The place was four kilometres from the nearest village, encircled by a high white stone wall spilling over with foliage. He drove slowly around the perimeter, searching for the way in, until he came to a tall gateway framed by stone pillars.
The gate was closed. As he got out of the car he could see no latch or handle to open it, but there was an intercom box on one of the pillars. He pressed a button and announced his arrival into the metal grid. There was no reply. He was beginning to wonder if the intercom was working when there was a click and the gates whirred open.
Driving into the courtyard in front of the villa, even in the falling light it was plain to see that the place was well beyond the means of the average retired university professor. Evidently, its owner was not only independently wealthy but highly security-conscious, too. As soon as Ben was inside, the gates whirred and clicked shut behind him.

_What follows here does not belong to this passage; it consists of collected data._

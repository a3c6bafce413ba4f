// What several tables have: names, attributes and the statements of bodies.
ghost use Rattle.std.specs.Prelude.{◌≡◌, ◌++◌, ◌&&◌, codes, OnOk, IfOk};
ghost use Rattle.stx_scenario.specs.Names.{is_name as is_a_name};
ghost use Rattle.stx_base.specs.Valid.{is_method as is_a_method, names_known, own_known};
ghost use Rattle.stx_judge.specs.Judge.{name_faults, body_faults, callback_body_faults, rules_faults, tx_faults, rule_stage};
ghost use Rattle.stx_refusals.specs.declared.fault.Stage.{Stage as Kind};
ghost use Rattle.stx_refusals.specs.Faults.{refused, unless, under as path_under, entry as path_of_entry};

use crate::checks::{Checks, Faults, check_array};
use crate::references::{is_class, is_method, names_known, own_known};
use std::alloc::Global;
use stx_names::{is_name, is_pattern};
use stx_refusals::{Argument, Stage, check_entry, check_key, under};
use stx_scenario::{
    BeanNo, List, MOST_RULES, MOST_STATEMENTS, MethodNo, Name, NoMemory, Rule, RuleBy, Scenario,
    Stmt, TxAttr,
};

/// A table or an array of a scenario, by its path, and where paths take their memory.
#[derive(Drop)]
pub struct Place<'a> {
    pub alloc: Global,
    pub scenario: &'a Scenario,
    pub path: Argument,
}

/// The body at a path, of a method of a bean.
#[derive(Drop)]
struct MethodBody<'a> {
    place: Place<'a>,
    bean: BeanNo,
}

impl<'a> Place<'a> {
    /// The place under a key of the table.
    pub fn under(&self, key: &str) -> Result<Place<'a>, NoMemory>
        ensures scenario { IfOk result (λ inner. inner.scenario.now ≡ self.now.scenario.now) }
        ensures path { IfOk result (λ inner. inner.path ≡ path_under self.now.path key.now) }
    {
        let path = under(self.alloc, self.path.as_str(), key)?;
        let place = Place {
            alloc: self.alloc,
            scenario: self.scenario,
            path,
        };
        Ok(place)
    }

    /// Refuses the value under a key of the table, unless it passed.
    pub fn check_key(
        &self,
        faults: &mut Faults,
        key: &str,
        passed: bool,
        stage: Stage,
    ) -> Result<(), NoMemory>
        ensures { OnOk result (faults.new ≡ faults.old ++ refused (path_under self.now.path key.now) (unless passed stage)) }
    {
        check_key(self.alloc, faults, self.path.as_str(), key, passed, stage)
    }

    /// Refuses an entry of the array, unless it passed.
    pub fn check_entry(
        &self,
        faults: &mut Faults,
        at: usize,
        passed: bool,
        stage: Stage,
    ) -> Result<(), NoMemory>
        ensures { OnOk result (faults.new ≡ faults.old ++ refused (path_of_entry self.now.path at) (unless passed stage)) }
    {
        check_entry(self.alloc, faults, self.path.as_str(), at, passed, stage)
    }

    /// The name of the table.
    pub fn check_name(&self, faults: &mut Faults, name: &Name) -> Result<(), NoMemory>
        ensures { OnOk result (faults.new ≡ faults.old ++ name_faults self.now.path name.now) }
    {
        let passed = is_name(name.as_str());
        self.check_key(faults, "name", passed, Stage::BadName)
    }

    /// The rules of the table's attribute, where it has one.
    pub fn check_tx(&self, faults: &mut Faults, tx: &Option<TxAttr>) -> Result<(), NoMemory>
        ensures { OnOk result (faults.new ≡ faults.old ++ tx_faults self.now.scenario.now self.now.path tx.now) }
    {
        let tx = match tx {
            Some(tx) => tx,
            None => return Ok(()),
        };
        let array = self.under("tx")?.under("rules")?;
        let path = array.path.as_str();
        let rules = tx.rules.as_slice();
        check_array(self.alloc, faults, path, MOST_RULES, &array, rules)
    }

    /// The body of a method of a bean.
    pub fn check_body(
        &self,
        faults: &mut Faults,
        bean: BeanNo,
        body: &List<Stmt>,
    ) -> Result<(), NoMemory>
        ensures { OnOk result (faults.new ≡ faults.old ++ body_faults self.now.scenario.now bean (path_under self.now.path (codes "body")) body.now) }
    {
        let place = self.under("body")?;
        let statements = MethodBody { place, bean };
        let path = statements.place.path.as_str();
        let body = body.as_slice();
        check_array(self.alloc, faults, path, MOST_STATEMENTS, &statements, body)
    }

    /// The body of a callback, under a key.
    pub fn check_callback(
        &self,
        faults: &mut Faults,
        key: &str,
        body: &List<Stmt>,
    ) -> Result<(), NoMemory>
        ensures { OnOk result (faults.new ≡ faults.old ++ callback_body_faults self.now.scenario.now (path_under self.now.path key.now) body.now) }
    {
        let statements = self.under(key)?;
        let path = statements.path.as_str();
        let body = body.as_slice();
        check_array(self.alloc, faults, path, MOST_STATEMENTS, &statements, body)
    }
}

// The names of the events.
impl<'a> Checks<Name> for Place<'a> {
    ghost finds = { λ array n name. refused (path_of_entry array.path n) (unless (is_a_name name) Kind.BadName) };

    fn check(&self, faults: &mut Faults, at: usize, name: &Name) -> Result<(), NoMemory> {
        let passed = is_name(name.as_str());
        self.check_entry(faults, at, passed, Stage::BadName)
    }
}

impl<'a> Checks<Rule> for Place<'a> {
    ghost finds = { λ array n rule. refused (path_of_entry array.path n) (rule_stage array.scenario.now rule.by) };

    fn check(&self, faults: &mut Faults, at: usize, rule: &Rule) -> Result<(), NoMemory> {
        match &rule.by {
            RuleBy::Class(class) => {
                let passed = is_class(self.scenario, *class);
                self.check_entry(faults, at, passed, Stage::UnknownRef)
            }
            RuleBy::Pattern(pattern) => {
                let passed = is_pattern(pattern.as_str());
                self.check_entry(faults, at, passed, Stage::BadWord)
            }
        }
    }
}

// The calls of a client.
impl<'a> Checks<MethodNo> for Place<'a> {
    ghost finds = { λ array n m. refused (path_of_entry array.path n) (unless (is_a_method array.scenario.now m) Kind.UnknownRef) };

    fn check(&self, faults: &mut Faults, at: usize, method: &MethodNo) -> Result<(), NoMemory> {
        let passed = is_method(self.scenario, *method);
        self.check_entry(faults, at, passed, Stage::UnknownRef)
    }
}

// The statements of a callback.
impl<'a> Checks<Stmt> for Place<'a> {
    ghost finds = { λ array n s. refused (path_of_entry array.path n) (unless (names_known array.scenario.now s) Kind.UnknownRef) };

    fn check(&self, faults: &mut Faults, at: usize, statement: &Stmt) -> Result<(), NoMemory> {
        let passed = names_known(self.scenario, *statement);
        self.check_entry(faults, at, passed, Stage::UnknownRef)
    }
}

impl<'a> Checks<Stmt> for MethodBody<'a> {
    ghost finds = { λ body n s. refused (path_of_entry body.place.path n) (unless (names_known body.place.scenario.now s && own_known body.place.scenario.now body.bean s) Kind.UnknownRef) };

    fn check(&self, faults: &mut Faults, at: usize, statement: &Stmt) -> Result<(), NoMemory> {
        let passed = is_known_in(self.place.scenario, self.bean, *statement);
        self.place
            .check_entry(faults, at, passed, Stage::UnknownRef)
    }
}

fn is_known_in(scenario: &Scenario, bean: BeanNo, statement: Stmt) -> bool
    ensures { result ≡ (names_known scenario.now statement && own_known scenario.now bean statement) }
{
    names_known(scenario, statement) && own_known(scenario, bean, statement)
}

He stepped back out of the VW. The temperature had fallen sharply with the onset of evening. He grabbed his leather jacket from the back seat and slipped it on. Slung his bag over his shoulder and walked towards the house. Within seconds he’d counted four cameras trained on him from their discreet positions among the foliage. The villa was long and low, surrounded by creeping plants and tumbling flowers. To reach it, Ben had to pass a pair of large dog kennels from which two enormous bull mastiffs emerged at his approach, growling and showing their teeth. Ben didn’t make eye contact and walked coolly by them, but he felt acutely defenceless under their hostile gaze and was grateful to reach the front steps of the house without getting mauled.
There was another intercom box by the door, and from it came the same Irish-tinged voice Ben had heard on the phone. ‘The door’s open,’ it said. ‘Come in.’
Ben pushed through the door and found himself in a large hallway with a mosaic stone floor. Long drapes dimmed out the moonlight from the high windows. Off the hallway, a wide corridor, flanked by huge leafy indoor plants and paintings on the walls that could barely be made out in the shadows, led deeper into the house. He followed the dark corridor until he came to a bend and saw a door hanging half-open.
The faint glow of a light shone from inside.
‘In here,’ said the voice he’d heard first on the phone and then just now on the intercom. ‘Close the door behind you, will you?’